Any effort made to update these records in a timely fashion is an improvement over what we had before, and I applaud Vasquez for making that effort. There are still some holes here – what if you’re moving to a garage apartment or rental house, or you’re moving in with someone? – which makes me wonder if it might not be better to involve the Post Office in this, to get people who are filling out change of address forms there. Perhaps that can be added on later. In any event, as I said, this is better than what we had before, and the change in attitude is refreshing as well.

Redistricting commission advances

We know about Sen. Jeff Wentworth’s biennial efforts to create a nonpartisan redistricting commission for Texas. On Monday, those efforts advanced forward a step.

By a vote of 21-10, senators approved Senate Bill 315 that would create the nine-member commission — eight of its members named by the Legislature, four Republicans and four Democrats, with the ninth member to serve as a non-voting presiding officer.

The measure by Sen. Jeff Wentworth, R-San Antonio, would also designate the Texas Supreme Court as having original jurisdiction in all cases regarding redistricting.

Passage came after a bit of drama. Debate was stopped after it appeared that Wentworth might not have the 21 votes necessary to suspend the Senate’s rules to debate and pass the bill.

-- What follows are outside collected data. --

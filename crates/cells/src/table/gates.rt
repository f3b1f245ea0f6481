// Tables under gates and exchanges. Only the cells of wires below the width are read or written.
ghost use Rattle.machine.specs.Local.{Cells, local};
ghost use Rattle.machine.proofs.LocalLaws.{local_lawful};
ghost use Rattle.cells.specs.Means.{means_of};

use crate::rule::{Tabled, TrueLocal};
use crate::slices::{count_wires, gate_cells, read_cell, trade_cells};
use crate::table::Table;
use machine::{Machine, TrueCnot};
use rows::{Kind, Wire};

impl<L: Tabled<Cell = C>, C: Copy> Machine for Table<L, C> {
    ghost State = { Cells C };

    ghost means = { means_of L.signed L.blank };

    ghost acts = { local L.rule };

    ghost lawful = { local_lawful L.rule };

    fn width(&self) -> u8 {
        count_wires::<L>(&self.cells, self.width)
    }

    fn knows(&self, kind: Kind) -> bool {
        L::known(kind)
    }

    fn gate(&mut self, kind: Kind, a: Wire, b: Wire, k: u8) {
        self.minus = gate_cells::<L>(&mut self.cells, self.minus, self.width, kind, a, b, k);
    }

    fn exchange(&mut self, a: Wire, b: Wire) {
        trade_cells::<L>(&mut self.cells, self.width, a, b);
    }

    fn read(&self, wire: Wire) -> u64 {
        read_cell::<L>(&self.cells, self.width, wire)
    }
}

impl<L: TrueLocal<Cell = C>, C: Copy> TrueCnot for Table<L, C> {
    fn true_cnot(&self, _a: Wire, _b: Wire) {
        L::cross();
    }
}
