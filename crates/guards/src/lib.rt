// No code: a list of tests as data (specs), and what it says that all have passed or one has not (proofs).
#![tactic(auto)]
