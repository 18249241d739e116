// The answers of a node array at all situations of n columns at once, 64 to a word.
//
// It promises that the lane with a situation's number has what the evaluator answers there, and that every other lane is
// silent. It refuses as the evaluator does at a situation of n columns: SITUATION for n outside 1 to 6 (place: n), then NODE,
// COLUMN, UNDER, DEEP and END; none of them depends on the answers. The words of a refusal are all 0.
//
// Each node is run over sixteen words before the next one (see lanes and pushes); six columns take four passes over the
// nodes. More words to a pass would be a larger stack.

#![tactic(auto)]

ghost use Rattle.std.specs.Prelude.{◌*◌, ◌+◌, ◌≡◌, ◌≤◌, ◌<◌, length};
ghost use Rattle.refusals.specs.Meaning.{checked};
ghost use Rattle.planes.specs.Meaning.{planes_of, filled};
ghost use Rattle.planes.specs.Inside.{Acting, Acted, Ran, Within, Stored};

use nodes::Node;
use refusals::{Kind, Refusal};

// Bit w % 64 of word w / 64 is the situation with number w: bury has the lower bit of the answer's number, keep the higher.
#[derive(Clone, Copy)]
pub struct Planes {
    pub bury: [u64; 64],
    pub keep: [u64; 64],
}

// How many passes there are, how many words each computes, and which lanes of each word are situations.
#[derive(Clone, Copy)]
struct Extent {
    passes: usize,
    count: usize,
    lanes: u64,
}

// One pass: the situations of so many columns in sixteen words.
#[derive(Clone, Copy)]
struct Pass {
    columns: usize,
    number: usize,
    ghost most: { columns ≤ 6 },
    ghost inside: { number < 4 },
}

const ALL: u64 = 0xffff_ffff_ffff_ffff;

// The words of a pass.
const WORDS: usize = 16;

impl Pass {
    // A node that is not refused, and so many turns behind it where it is a column, at the place of the stack where its answer
    // will stand.
    fn act(self, node: Node, turns: usize, place: usize, stack: &mut [u64; 512])
        requires { Acting self.columns node }
        ensures { Acted self.columns (self.number * 16) node turns place stack.old stack.new }
    {
        match node {
            Node::Turn => lanes::turn(stack, place),
            Node::Column(k) => {
                let e = self.columns - 1 - k;
                pushes::column(stack, place, self.number, e, turns);
            }
            Node::Meet => lanes::meet(stack, place),
            Node::Join => lanes::join(stack, place),
            Node::Negate => lanes::negate(stack, place),
            Node::Constant(a) => pushes::constant(stack, place, a),
            Node::Foreign => {}
        }
    }

    // The nodes from left to right, on the caller's stack. The place goes on by more than one node where turns are done with
    // their column. The walk is the evaluator's too: with a closure for what differs it would ask its caller for one that may
    // be called, and what another crate can call asks nothing (docs/PROMISES.md, demand 1); a trait of machines would be
    // longer than the walk.
    #[tactic(auto, using(crate::proofs::NodeLoop::walk_laws))]
    fn run(self, nodes: &[u8], stack: &mut [u64; 512]) -> Result<(), Refusal>
        ensures { Ran nodes.now self.columns (self.number * 16) stack.new (checked result) }
    {
        let mut height = 0;
        let mut i = 0;
        while i < nodes.len() {
            let node = Node::from(nodes[i]);
            let climbed = nodes::climb(node, height, self.columns, nodes::full());
            height = climbed.map_err(|kind| Refusal::at(kind, i))?;
            let from = i + 1;
            let next = nodes::past(node, nodes, from);
            self.act(node, next - from, height - 1, stack);
            i = next;
        }
        if height == 1 {
            Ok(())
        } else {
            Err(Refusal::at(Kind::End, i))
        }
    }
}

fn extent_of(columns: usize) -> Extent
    requires { (1 ≤ columns) × (columns ≤ 6) }
    ensures { Within columns result }
{
    let situations = 1usize << (2 * columns);
    let words = situations.div_ceil(64);
    Extent {
        passes: words.div_ceil(WORDS),
        count: words.min(WORDS),
        lanes: if situations < 64 {
            (1 << situations) - 1
        } else {
            ALL
        },
    }
}

// Words of the stack, without the lanes that are no situations.
fn store(words: &[u64], lanes: u64, all: &mut [u64])
    requires { length words.now ≤ length all.old }
    ensures { Stored words.now lanes (length words.now) all.old all.new }
{
    for (w, word) in words.iter().enumerate() {
        all[w] = word & lanes;
    }
}

// The answers at all situations of so many columns. What stands on the stack before the first push is never read. It is not 0,
// since so many zeros would be the C library's to write, in more instructions.
pub fn fill(nodes: &[u8], columns: usize) -> Result<Planes, Refusal>
    ensures { filled result ≡ planes_of nodes.now columns }
{
    if columns < 1 || 6 < columns {
        return Err(Refusal::at(Kind::Situation, columns));
    }
    let extent = extent_of(columns);
    let mut bury = [0u64; 64];
    let mut keep = [0u64; 64];
    for number in 0..extent.passes {
        let pass = Pass { columns, number };
        let mut stack = [1u64; 512];
        pass.run(nodes, &mut stack)?;
        let first = number * WORDS;
        let last = first + extent.count;
        store(&stack[..extent.count], extent.lanes, &mut bury[first..last]);
        store(
            &stack[WORDS..WORDS + extent.count],
            extent.lanes,
            &mut keep[first..last],
        );
    }
    Ok(Planes { bury, keep })
}
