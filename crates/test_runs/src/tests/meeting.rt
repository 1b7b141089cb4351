// Five workers that wait for one another at a gate.
use std::sync::atomic::AtomicU64;
use std::sync::atomic::Ordering::SeqCst;

// How many times a held entry checks whether the others have come.
const TURNS: u64 = 2_000_000_000;

// The entries with the numbers 0 to 4, each held until all five have come. They are counted by number and by worker.
#[derive(Drop)]
pub struct Meeting {
    numbers: [AtomicU64; 5],
    workers: [AtomicU64; 5],
    came: AtomicU64,
    alone: AtomicU64,
}

fn none() -> [AtomicU64; 5] {
    [
        AtomicU64::new(0),
        AtomicU64::new(0),
        AtomicU64::new(0),
        AtomicU64::new(0),
        AtomicU64::new(0),
    ]
}

// Returns whether each of these was counted once.
fn are_ones(counts: &[AtomicU64; 5]) -> bool {
    for count in counts {
        if count.load(SeqCst) != 1 {
            return false;
        }
    }
    true
}

impl Meeting {
    pub fn of_nobody() -> Meeting {
        Meeting {
            numbers: none(),
            workers: none(),
            came: AtomicU64::new(0),
            alone: AtomicU64::new(0),
        }
    }

    pub fn enter(&self, worker: u32, number: u32) {
        if number > 4 {
            return;
        }
        self.numbers[number as usize].fetch_add(1, SeqCst);
        if worker <= 4 {
            self.workers[worker as usize].fetch_add(1, SeqCst);
        }
        self.came.fetch_add(1, SeqCst);
        for _ in 0..TURNS {
            if self.came.load(SeqCst) >= 5 {
                return;
            }
        }
        self.alone.fetch_add(1, SeqCst);
    }

    // Returns whether each of the five workers came with a number of its own, and none waited in vain.
    pub fn is_whole(&self) -> bool {
        self.alone.load(SeqCst) == 0 && are_ones(&self.numbers) && are_ones(&self.workers)
    }
}
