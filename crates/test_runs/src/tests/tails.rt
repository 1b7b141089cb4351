// Worked examples of the percentiles of waits at a node.
ghost use Rattle.std.specs.Prelude.{ℕ, List as Items};
ghost use Rattle.mq_core.specs.Asked.{HasDemands};
ghost use Rattle.mq_core.specs.Told.{IsTold};
ghost use Rattle.mq_core.specs.declared.model.Demand.TheVariants.{Column};
ghost use Rattle.mq_stats.specs.Numbers.{AreVisits};
ghost use Rattle.mq_stats.specs.WaitCounts.{AreWaitCounts};

use super::stats::{Columns, HELD, SERVED, list, three_case};
use super::totals::are_visits;
use mq_base::OutOfMemory;
use mq_core::{Demand, Fate, Kind, Rows, Visits};
use mq_stats::{
    Percentiles, WaitCounts, count_between, counted_percentiles, counts_added, tail, tail_below,
};
use std::alloc::Global;
use std::test::Fail;

// Returns whether two counts of waits, at most 10 waits each, add up to this number of waits and these counts.
fn sum_is(
    alloc: Global,
    before: WaitCounts,
    after: &WaitCounts,
    many: u32,
    wanted: &[u32],
) -> Result<bool, OutOfMemory>
    requires before { (waits : Items ℕ) × AreWaitCounts waits before }
    requires after { (waits : Items ℕ) × AreWaitCounts waits after.now }
{
    if before.many > 10 || after.many > 10 {
        return Ok(false);
    }
    let sum = counts_added(alloc, before, after)?;
    Ok(sum.many == many && sum.counts.as_slice() == wanted)
}

// Returns whether ten visits, whose waits are at most 9 ticks, have this number of waits and these counts: those of the
// visits before a position added to those of the rest.
fn parts_are(
    alloc: Global,
    rows: &Rows,
    kind: &Kind,
    visits: &Visits,
    position: u32,
    many: u32,
    wanted: &[u32],
) -> Result<bool, OutOfMemory>
    requires { AreVisits rows.now kind.now visits.now }
{
    if visits.job.len() != 10 || position > 10 {
        return Ok(false);
    }
    let Some(before) = count_between(alloc, rows, kind, visits, 9, 0, position)? else {
        return Ok(false);
    };
    let Some(after) = count_between(alloc, rows, kind, visits, 9, position, 10)? else {
        drop(before);
        return Ok(false);
    };
    sum_is(alloc, before, &after, many, wanted)
}

// Returns whether some visit waits longer than this, so that there are no counts.
fn is_passed(
    alloc: Global,
    rows: &Rows,
    kind: &Kind,
    visits: &Visits,
    most: u32,
) -> Result<bool, OutOfMemory>
    requires { AreVisits rows.now kind.now visits.now }
{
    if most > 10 {
        return Ok(false);
    }
    let many = visits.job.len() as u32;
    let counts = count_between(alloc, rows, kind, visits, most, 0, many)?;
    Ok(counts.is_none())
}

// What a test expects of visits: percentiles; percentiles from a table for waits of up to some number of ticks; the counts of
// both parts at a position, added up; or that a wait is longer than some number of ticks.
#[derive(Clone, Copy)]
enum Asked<'a> {
    Tail(Percentiles),
    TailBelow(u64, Percentiles),
    Parts(u32, u32, &'a [u32]),
    Passed(u32),
}

// Returns whether visits to a node of this kind, which asks for the first column or nothing, are as expected.
fn is_so(
    alloc: Global,
    rows: &Rows,
    kind: &Kind,
    visits: &Visits,
    asked: Asked,
) -> Result<bool, OutOfMemory>
    requires { (job : ℕ) → IsTold rows.now (Column 0) job → HasDemands rows.now kind.now job }
{
    if !are_visits(rows, visits) {
        return Ok(false);
    }
    match asked {
        Asked::Tail(wanted) => Ok(tail(alloc, rows, kind, visits)? == wanted),
        Asked::TailBelow(longest, wanted) => {
            Ok(tail_below(alloc, rows, kind, visits, longest)? == wanted)
        }
        Asked::Parts(position, many, wanted) => {
            parts_are(alloc, rows, kind, visits, position, many, wanted)
        }
        Asked::Passed(most) => is_passed(alloc, rows, kind, visits, most),
    }
}

// Returns whether these visits of the three jobs to a server are as expected.
fn server_has(alloc: Global, columns: &Columns, asked: Asked) -> Result<bool, OutOfMemory> {
    let case = three_case(alloc, columns)?;
    let kind = Kind::Server(Demand::Column(0));
    let found = is_so(alloc, &case.rows, &kind, &case.visits, asked);
    drop(kind);
    drop(case);
    found
}

// Returns whether these visits to a join are as expected. At a join each stay is a wait.
fn join_has(alloc: Global, columns: &Columns, asked: Asked) -> Result<bool, OutOfMemory> {
    let case = three_case(alloc, columns)?;
    let found = is_so(alloc, &case.rows, &Kind::Join, &case.visits, asked);
    drop(case);
    found
}

const fn percentiles(p50: u64, p90: u64, p99: u64) -> Percentiles {
    Percentiles { p50, p90, p99 }
}

// One visit of the second job, which waits 3 ticks.
const ONE: Columns<'static> = Columns {
    job: &[1],
    arrive: &[1],
    found: &[0],
    fate: &[Fate::Departs(5)],
};

fn three_jobs_wait_so(alloc: Global) -> Result<bool, OutOfMemory> {
    Ok(
        server_has(alloc, &ONE, Asked::Tail(percentiles(3, 3, 3)))?
            && join_has(alloc, &SERVED, Asked::Tail(percentiles(4, 6, 6)))?,
    )
}

#[test]
fn waits_of_three_jobs_have_percentiles(rt: HostRuntime) -> Result<(), Fail> {
    assert!(rt; three_jobs_wait_so(rt.alloc())?);
    Ok(())
}

// The visits of the three jobs, only the last of which departs.
const ONE_DEPARTS: Columns<'static> = Columns {
    fate: &[Fate::Lost, Fate::Lost, Fate::Departs(8)],
    ..SERVED
};

const NONE_DEPARTS: Columns<'static> = Columns {
    fate: &[Fate::Lost, Fate::Held, Fate::Lost],
    ..SERVED
};

fn departed_alone_count(alloc: Global) -> Result<bool, OutOfMemory> {
    Ok(
        server_has(alloc, &ONE_DEPARTS, Asked::Tail(percentiles(3, 3, 3)))?
            && server_has(alloc, &NONE_DEPARTS, Asked::Tail(percentiles(0, 0, 0)))?
            && join_has(alloc, &HELD, Asked::Tail(percentiles(4, 5, 5)))?,
    )
}

#[test]
fn lost_and_held_visits_do_not_count(rt: HostRuntime) -> Result<(), Fail> {
    assert!(rt; departed_alone_count(rt.alloc())?);
    Ok(())
}

// Ten visits of one job, which is served for 4 ticks. They wait 0 to 9 ticks.
const TEN: Columns<'static> = Columns {
    job: &[0; 10],
    arrive: &[0; 10],
    found: &[0; 10],
    fate: &[
        Fate::Departs(13),
        Fate::Departs(4),
        Fate::Departs(12),
        Fate::Departs(5),
        Fate::Departs(11),
        Fate::Departs(6),
        Fate::Departs(10),
        Fate::Departs(7),
        Fate::Departs(9),
        Fate::Departs(8),
    ],
};

#[test]
fn ten_waits_have_three_percentiles(rt: HostRuntime) -> Result<(), Fail> {
    assert!(rt; server_has(rt.alloc(), &TEN, Asked::Tail(percentiles(4, 8, 9)))?);
    Ok(())
}

// Ten visits to a join, which wait 0 to 9 ticks.
const TEN_AT_A_JOIN: Columns<'static> = Columns {
    arrive: &[4; 10],
    ..TEN
};

fn ten_have_below(alloc: Global, longest: u64) -> Result<bool, OutOfMemory> {
    let asked = Asked::TailBelow(longest, percentiles(4, 8, 9));
    join_has(alloc, &TEN_AT_A_JOIN, asked)
}

fn no_longest_wait_matters(alloc: Global) -> Result<bool, OutOfMemory> {
    Ok(
        ten_have_below(alloc, 9)?
            && ten_have_below(alloc, 8)?
            && ten_have_below(alloc, 0)?
            && ten_have_below(alloc, u64::MAX)?,
    )
}

#[test]
fn a_longest_wait_changes_no_percentile(rt: HostRuntime) -> Result<(), Fail> {
    assert!(rt; no_longest_wait_matters(rt.alloc())?);
    Ok(())
}

// Ten visits that are lost.
const TEN_LOST: Columns<'static> = Columns {
    fate: &[Fate::Lost; 10],
    ..TEN
};

const COUNTS: &[u32] = &[1, 1, 1, 1, 1, 1, 1, 1, 1, 1, 0];

const NO_COUNTS: &[u32] = &[0; 2];

fn parts_add_up(alloc: Global) -> Result<bool, OutOfMemory> {
    Ok(
        join_has(alloc, &TEN_AT_A_JOIN, Asked::Parts(0, 10, COUNTS))?
            && join_has(alloc, &TEN_AT_A_JOIN, Asked::Parts(3, 10, COUNTS))?
            && join_has(alloc, &TEN_AT_A_JOIN, Asked::Parts(10, 10, COUNTS))?
            && join_has(alloc, &TEN_LOST, Asked::Parts(3, 0, NO_COUNTS))?
            && join_has(alloc, &TEN_AT_A_JOIN, Asked::Passed(8))?
            && !join_has(alloc, &TEN_AT_A_JOIN, Asked::Passed(9))?,
    )
}

#[test]
fn counts_of_parts_add_up(rt: HostRuntime) -> Result<(), Fail> {
    assert!(rt; parts_add_up(rt.alloc())?);
    Ok(())
}

// Returns whether these counts of this number of waits have these percentiles.
fn counts_have(
    alloc: Global,
    many: u32,
    counts: &[u32],
    wanted: Option<Percentiles>,
) -> Result<bool, OutOfMemory> {
    if many > 10 || counts.len() < 2 || counts.len() > 11 {
        return Ok(false);
    }
    let counts = WaitCounts {
        many,
        counts: list(alloc, counts)?,
    };
    Ok(counted_percentiles(&counts) == wanted)
}

fn counts_tell(alloc: Global) -> Result<bool, OutOfMemory> {
    let all = Some(percentiles(4, 8, 9));
    let none = Some(percentiles(0, 0, 0));
    Ok(
        counts_have(alloc, 10, &[1, 1, 1, 1, 1, 1, 1, 1, 1, 1, 0], all)?
            && counts_have(alloc, 10, &[1, 1, 1, 1, 1, 1, 1, 1, 1, 1], None)?
            && counts_have(alloc, 10, &[1, 1, 1, 1, 1, 1, 1, 1, 2], None)?
            && counts_have(alloc, 10, &[1, 1, 1, 1, 6], None)?
            && counts_have(alloc, 0, &[0, 0], none)?,
    )
}

#[test]
fn counts_tell_percentiles_where_each_is_counted(rt: HostRuntime) -> Result<(), Fail> {
    assert!(rt; counts_tell(rt.alloc())?);
    Ok(())
}
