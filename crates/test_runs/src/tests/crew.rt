// Squares as pieces, made by several workers, with gates that count and hold.
ghost use Rattle.std.specs.Prelude.{◌≡◌, ◌+◌, ◌*◌, ◌<◌, ◌≤◌, ◌^◌, length, IfOk};

use super::meeting::Meeting;
use mq_base::{List, OutOfMemory};
use mq_chain::ChainSeat;
use mq_claims::ClaimSeat;
use mq_crew::{Crew, Gate, Open, Pieces, merged, placed};
use std::alloc::Global;
use std::sync::atomic::AtomicU64;
use std::sync::atomic::Ordering::SeqCst;
use std::test::Fail;
use std::thread::Threads;

#[derive(Clone, Copy)]
struct Squares {
    count: u32,
}

impl Pieces for Squares {
    type Piece = u64;

    ghost fit = { λ s. Unit {0} };

    ghost size = { λ s. s.count };

    ghost is_piece = { λ s b p. p ≡ b * b };

    fn count(&self) -> u32 {
        self.count
    }

    fn piece(&self, _alloc: Global, b: u32) -> Result<u64, OutOfMemory> {
        Ok(b as u64 * b as u64)
    }
}

// Returns whether these workers make these squares, the first ones.
fn squares_are<R: Threads + Sync>(
    rt: &R,
    alloc: Global,
    workers: u32,
    wanted: &[u64],
) -> Result<bool, OutOfMemory>
    requires some { 1 ≤ workers }
    requires most { workers ≤ 64 }
    requires few { length wanted.now < 2 ^ 32 }
{
    let squares = Squares {
        count: wanted.len() as u32,
    };
    let found = Crew::new(rt, alloc, workers, &Open).run_pieces(&squares)?;
    Ok(found.as_slice() == wanted)
}

// Returns the first hundred squares.
fn hundred(alloc: Global) -> Result<Vec<u64>, OutOfMemory>
    ensures { IfOk result (λ squares. length squares.items ≡ 100) }
{
    let mut squares = Vec::new(alloc);
    'fills: for b in 0..100u64 {
        squares.push(b * b)?;
    }
    Ok(squares)
}

// Returns whether 64 workers make the first hundred squares.
fn hundred_stand<R: Threads + Sync>(rt: &R, alloc: Global) -> Result<bool, OutOfMemory> {
    let wanted = hundred(alloc)?;
    let stand = squares_are(rt, alloc, 64, &wanted);
    drop(wanted);
    stand
}

fn squares_stand<R: Threads + Sync>(rt: &R, alloc: Global) -> Result<bool, OutOfMemory> {
    let five: &[u64] = &[0, 1, 4, 9, 16];
    Ok(
        squares_are(rt, alloc, 1, five)?
            && squares_are(rt, alloc, 3, five)?
            && squares_are(rt, alloc, 64, five)?
            && hundred_stand(rt, alloc)?
            && squares_are(rt, alloc, 3, &[])?,
    )
}

#[test]
fn the_pieces_stand_at_their_places(rt: HostRuntime) -> Result<(), Fail> {
    assert!(rt; squares_stand(&rt, rt.alloc())?);
    Ok(())
}

// Returns whether the pieces that two workers return, out of order, are put at their
// indices.
fn both_are_placed(alloc: Global) -> Result<bool, OutOfMemory> {
    let first = Vec::from_slice(alloc, &[(2u32, 4u64), (0, 0)])?;
    let second = Vec::from_slice(alloc, &[(1u32, 1u64)])?;
    let items = placed(alloc, 3, merged(Ok(first), Ok(second))?)?;
    Ok(items.as_slice() == [0, 1, 4].as_slice())
}

#[test]
fn two_lists_become_one(rt: HostRuntime) -> Result<(), Fail> {
    assert!(rt; both_are_placed(rt.alloc())?);
    Ok(())
}

// Counts its entries.
#[derive(Drop)]
struct Counter {
    entries: AtomicU64,
}

impl Gate for Counter {
    fn enter(&self, _seat: &ClaimSeat, _worker: u32, _piece: u32) {
        self.entries.fetch_add(1, SeqCst);
    }

    fn enter_block(&self, _seat: &ChainSeat, _worker: u32, _block: u32) {}
}

// Returns whether workers make these squares, and enter the gate this many times.
fn made_are<R: Threads + Sync>(
    rt: &R,
    alloc: Global,
    wanted: &[u64],
    entries: u64,
) -> Result<bool, OutOfMemory>
    requires few { length wanted.now < 2 ^ 32 }
{
    let squares = Squares {
        count: wanted.len() as u32,
    };
    let gate = Counter {
        entries: AtomicU64::new(0),
    };
    let found = Crew::new(rt, alloc, 2, &gate).made(&squares)?;
    Ok(found.as_slice() == wanted && gate.entries.load(SeqCst) == entries)
}

#[test]
fn fewer_than_two_enter_no_gate(rt: HostRuntime) -> Result<(), Fail> {
    assert!(rt; made_are(&rt, rt.alloc(), &[], 0)?);
    assert!(rt; made_are(&rt, rt.alloc(), &[0], 0)?);
    assert!(rt; made_are(&rt, rt.alloc(), &[0, 1, 4], 3)?);
    Ok(())
}

// Returns whether three parts make lists of their own, the second of them empty.
fn parts_are_apart<R: Threads + Sync>(rt: &R, alloc: Global) -> Result<bool, OutOfMemory> {
    let parts = [
        Squares { count: 3 },
        Squares { count: 0 },
        Squares { count: 2 },
    ];
    let groups = Crew::new(rt, alloc, 3, &Open).parts(parts.as_slice())?;
    Ok(
        groups.len() == 3
            && groups.get(0).as_slice() == [0, 1, 4].as_slice()
            && groups.get(1).is_empty()
            && groups.get(2).as_slice() == [0, 1].as_slice(),
    )
}

#[test]
fn each_part_has_its_own_list(rt: HostRuntime) -> Result<(), Fail> {
    assert!(rt; parts_are_apart(&rt, rt.alloc())?);
    Ok(())
}

// Holds the workers with the first five pieces.
#[derive(Drop)]
struct AtPieces {
    meeting: Meeting,
}

impl Gate for AtPieces {
    fn enter(&self, _seat: &ClaimSeat, worker: u32, piece: u32) {
        self.meeting.enter(worker, piece);
    }

    fn enter_block(&self, _seat: &ChainSeat, _worker: u32, _block: u32) {}
}

// Returns whether this many workers, in place of the one that a crew had, make this many squares, and five of them meet.
fn five_meet<R: Threads + Sync>(
    rt: &R,
    alloc: Global,
    workers: u32,
    count: u32,
) -> Result<bool, OutOfMemory>
    requires some { 1 ≤ workers }
    requires most { workers ≤ 64 }
    requires few { count ≤ 6 }
{
    let gate = AtPieces {
        meeting: Meeting::of_nobody(),
    };
    let crew = Crew::new(rt, alloc, 1, &gate).with(workers);
    let squares = crew.run_pieces(&Squares { count })?;
    let wanted: &[u64] = &[0, 1, 4, 9, 16, 25];
    Ok(squares.as_slice() == &wanted[..count as usize] && gate.meeting.is_whole())
}

#[test]
fn five_workers_enter_each_by_its_number(rt: HostRuntime) -> Result<(), Fail> {
    assert!(rt; five_meet(&rt, rt.alloc(), 5, 6)?);
    Ok(())
}

#[test]
fn no_more_workers_start_than_there_are_pieces(rt: HostRuntime) -> Result<(), Fail> {
    assert!(rt; five_meet(&rt, rt.alloc(), 64, 5)?);
    Ok(())
}
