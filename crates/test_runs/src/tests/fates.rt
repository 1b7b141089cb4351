// Fates whose last items are replaced by departures at other times, and then put back.
ghost use Rattle.std.specs.Prelude.{◌≡◌, length};

use crate::tests::stats::list;
use mq_base::OutOfMemory;
use mq_core::{Fate, Fates};
use std::alloc::Global;
use std::test::Fail;

// Returns whether a visit departs at this time.
fn departs_at(fate: Fate, time: u64) -> bool {
    match fate {
        Fate::Departs(departure) => departure == time,
        Fate::Lost | Fate::Held => false,
    }
}

// Returns whether departures at 7 and 9 follow the first of two fates, and then one
// departure at 5.
fn come_back(alloc: Global, fates: Fates) -> Result<bool, OutOfMemory>
    requires { length fates ≡ 2 }
{
    let mut fates = fates;
    fates.replace_from(alloc, 1, &[7, 9])?;
    if fates.len() != 3 {
        return Ok(false);
    }
    let put = departs_at(fates.at(1), 7) && departs_at(fates.at(2), 9);
    fates.put_back(alloc, 1, &[5]);
    Ok(put && fates.len() == 2 && departs_at(fates.at(1), 5))
}

#[test]
fn last_fates_come_back(rt: HostRuntime) -> Result<(), Fail> {
    let departures = Fates::departures(list(rt.alloc(), &[3u64, 5])?);
    assert!(rt; come_back(rt.alloc(), departures)?);
    let each = Fates::each(list(rt.alloc(), &[Fate::Lost, Fate::Departs(5)])?);
    assert!(rt; come_back(rt.alloc(), each)?);
    Ok(())
}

But after several minutes of huddling on the Senate floor, Wentworth went ahead and got enough votes.

State Sen. Mike Jackson, R-Lake Jackson, was among the 10 senators who voted against passage. During the brief debate, he said he had doubts that the commission could accomplish its intended purpose.

Wentworth insisted it would, noting that 12 other states use such commissions successfully.

Here’s the vote (PDF) on second reading:

Yeas: Averitt, Carona, Davis, Deuell, Duncan, Ellis, Eltife, Gallegos, Hegar, Hinojosa, Lucio, Patrick, Seliger, Shapleigh, Uresti, VanideiPutte, Watson, Wentworth, West, Whitmire, Zaffirini.

Nays: Estes, Fraser, Harris, Huffman, Jackson, Nelson, Nichols, Ogden, Shapiro, Williams.

That’s all 12 Dems in favor, and Republicans split 9 for and 10 against. I think this thing may just have a chance to make it through. Which means it’s a shame that it only covers Congressional redistricting and not also State Lege redistricting, which needless to say is as big and hot a potato as anything else. Maybe next time, if doing so could still put such a commission in place before the 2012 elections. Having said that, I can also see this thing getting vetoed by Governor Perry. As Patti Hart reported, the only opposition to this bill in the committee hearing came from the executive director of the Republican Party of Texas, which probably thinks that it can ram through what it wants again next session. If the activists think this is a screw job, you can be sure Perry will have their back. I’m not saying that will be the case – Dan Patrick voted for this, after all, so it’s safe to say that the base is not uniformly against the idea – but if it does get rejected I won’t be surprised.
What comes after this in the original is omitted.